What you need to do: Find the string "there" in the listing and report every line that has it.

Material provided:
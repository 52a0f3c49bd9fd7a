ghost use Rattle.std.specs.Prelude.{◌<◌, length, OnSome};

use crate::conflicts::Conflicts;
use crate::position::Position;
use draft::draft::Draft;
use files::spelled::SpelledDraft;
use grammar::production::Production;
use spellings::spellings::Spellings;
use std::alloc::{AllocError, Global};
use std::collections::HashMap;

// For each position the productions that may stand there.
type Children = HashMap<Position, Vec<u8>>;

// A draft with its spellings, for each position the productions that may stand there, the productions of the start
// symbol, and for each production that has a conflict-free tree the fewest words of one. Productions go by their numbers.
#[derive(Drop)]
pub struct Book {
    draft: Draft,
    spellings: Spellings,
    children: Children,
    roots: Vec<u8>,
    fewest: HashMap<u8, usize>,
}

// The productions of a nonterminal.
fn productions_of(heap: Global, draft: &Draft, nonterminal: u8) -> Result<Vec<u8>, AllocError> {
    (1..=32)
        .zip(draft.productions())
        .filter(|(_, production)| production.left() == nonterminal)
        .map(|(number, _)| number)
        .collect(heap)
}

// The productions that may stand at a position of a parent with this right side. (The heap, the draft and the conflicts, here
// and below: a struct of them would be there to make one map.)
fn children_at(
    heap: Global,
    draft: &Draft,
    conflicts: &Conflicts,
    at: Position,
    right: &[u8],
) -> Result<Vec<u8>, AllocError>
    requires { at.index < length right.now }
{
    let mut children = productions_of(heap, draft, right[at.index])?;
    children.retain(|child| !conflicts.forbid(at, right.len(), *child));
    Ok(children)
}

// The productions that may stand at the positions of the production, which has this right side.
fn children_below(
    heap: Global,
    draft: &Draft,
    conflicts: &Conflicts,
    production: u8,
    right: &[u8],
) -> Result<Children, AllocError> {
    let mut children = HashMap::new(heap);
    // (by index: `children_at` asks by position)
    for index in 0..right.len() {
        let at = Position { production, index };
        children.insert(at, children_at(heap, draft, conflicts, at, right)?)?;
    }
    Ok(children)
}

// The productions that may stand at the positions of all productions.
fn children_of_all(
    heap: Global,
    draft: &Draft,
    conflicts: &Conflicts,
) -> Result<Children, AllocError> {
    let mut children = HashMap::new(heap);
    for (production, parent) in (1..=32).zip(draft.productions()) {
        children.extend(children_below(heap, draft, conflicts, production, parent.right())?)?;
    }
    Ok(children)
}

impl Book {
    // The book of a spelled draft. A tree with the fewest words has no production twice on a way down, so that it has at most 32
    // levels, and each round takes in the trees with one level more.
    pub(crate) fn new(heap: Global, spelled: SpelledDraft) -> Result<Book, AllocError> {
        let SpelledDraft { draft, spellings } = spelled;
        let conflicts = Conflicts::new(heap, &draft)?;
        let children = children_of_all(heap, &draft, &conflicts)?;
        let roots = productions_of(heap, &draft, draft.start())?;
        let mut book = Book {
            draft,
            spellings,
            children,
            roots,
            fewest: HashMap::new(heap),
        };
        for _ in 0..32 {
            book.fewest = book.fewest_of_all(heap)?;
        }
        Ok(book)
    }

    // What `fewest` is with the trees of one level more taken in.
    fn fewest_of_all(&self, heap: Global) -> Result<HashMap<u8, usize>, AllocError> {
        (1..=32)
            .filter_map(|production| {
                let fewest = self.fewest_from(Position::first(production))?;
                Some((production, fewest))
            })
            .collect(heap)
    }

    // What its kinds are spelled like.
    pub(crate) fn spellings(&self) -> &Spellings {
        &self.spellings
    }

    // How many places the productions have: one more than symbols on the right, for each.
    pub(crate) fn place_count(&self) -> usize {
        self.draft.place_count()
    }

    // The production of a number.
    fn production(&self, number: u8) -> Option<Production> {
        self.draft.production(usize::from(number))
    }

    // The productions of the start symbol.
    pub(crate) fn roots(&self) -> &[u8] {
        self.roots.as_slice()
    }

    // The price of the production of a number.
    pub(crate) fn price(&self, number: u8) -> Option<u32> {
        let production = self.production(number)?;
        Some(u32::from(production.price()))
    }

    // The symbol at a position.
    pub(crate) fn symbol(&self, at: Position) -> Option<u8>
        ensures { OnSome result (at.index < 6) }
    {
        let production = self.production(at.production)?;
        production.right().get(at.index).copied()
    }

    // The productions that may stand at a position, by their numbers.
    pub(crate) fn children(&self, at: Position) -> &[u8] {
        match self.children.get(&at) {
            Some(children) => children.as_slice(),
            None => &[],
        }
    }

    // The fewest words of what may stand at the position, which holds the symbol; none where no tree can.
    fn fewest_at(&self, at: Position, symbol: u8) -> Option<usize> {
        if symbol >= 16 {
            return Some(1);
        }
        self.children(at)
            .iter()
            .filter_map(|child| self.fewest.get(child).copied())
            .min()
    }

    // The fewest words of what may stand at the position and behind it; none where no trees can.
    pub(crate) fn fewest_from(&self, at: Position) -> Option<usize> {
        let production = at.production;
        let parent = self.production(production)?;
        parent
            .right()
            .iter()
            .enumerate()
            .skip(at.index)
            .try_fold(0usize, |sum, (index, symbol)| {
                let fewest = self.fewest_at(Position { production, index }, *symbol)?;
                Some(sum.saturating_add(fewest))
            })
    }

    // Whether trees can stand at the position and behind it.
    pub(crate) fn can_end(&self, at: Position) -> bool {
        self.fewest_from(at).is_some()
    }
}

Exercise response:
// For each position the productions that may stand there.
// A draft with its spellings, for each position the productions that may stand there, the productions of the start
// and below: a struct of them would be there to make one map.)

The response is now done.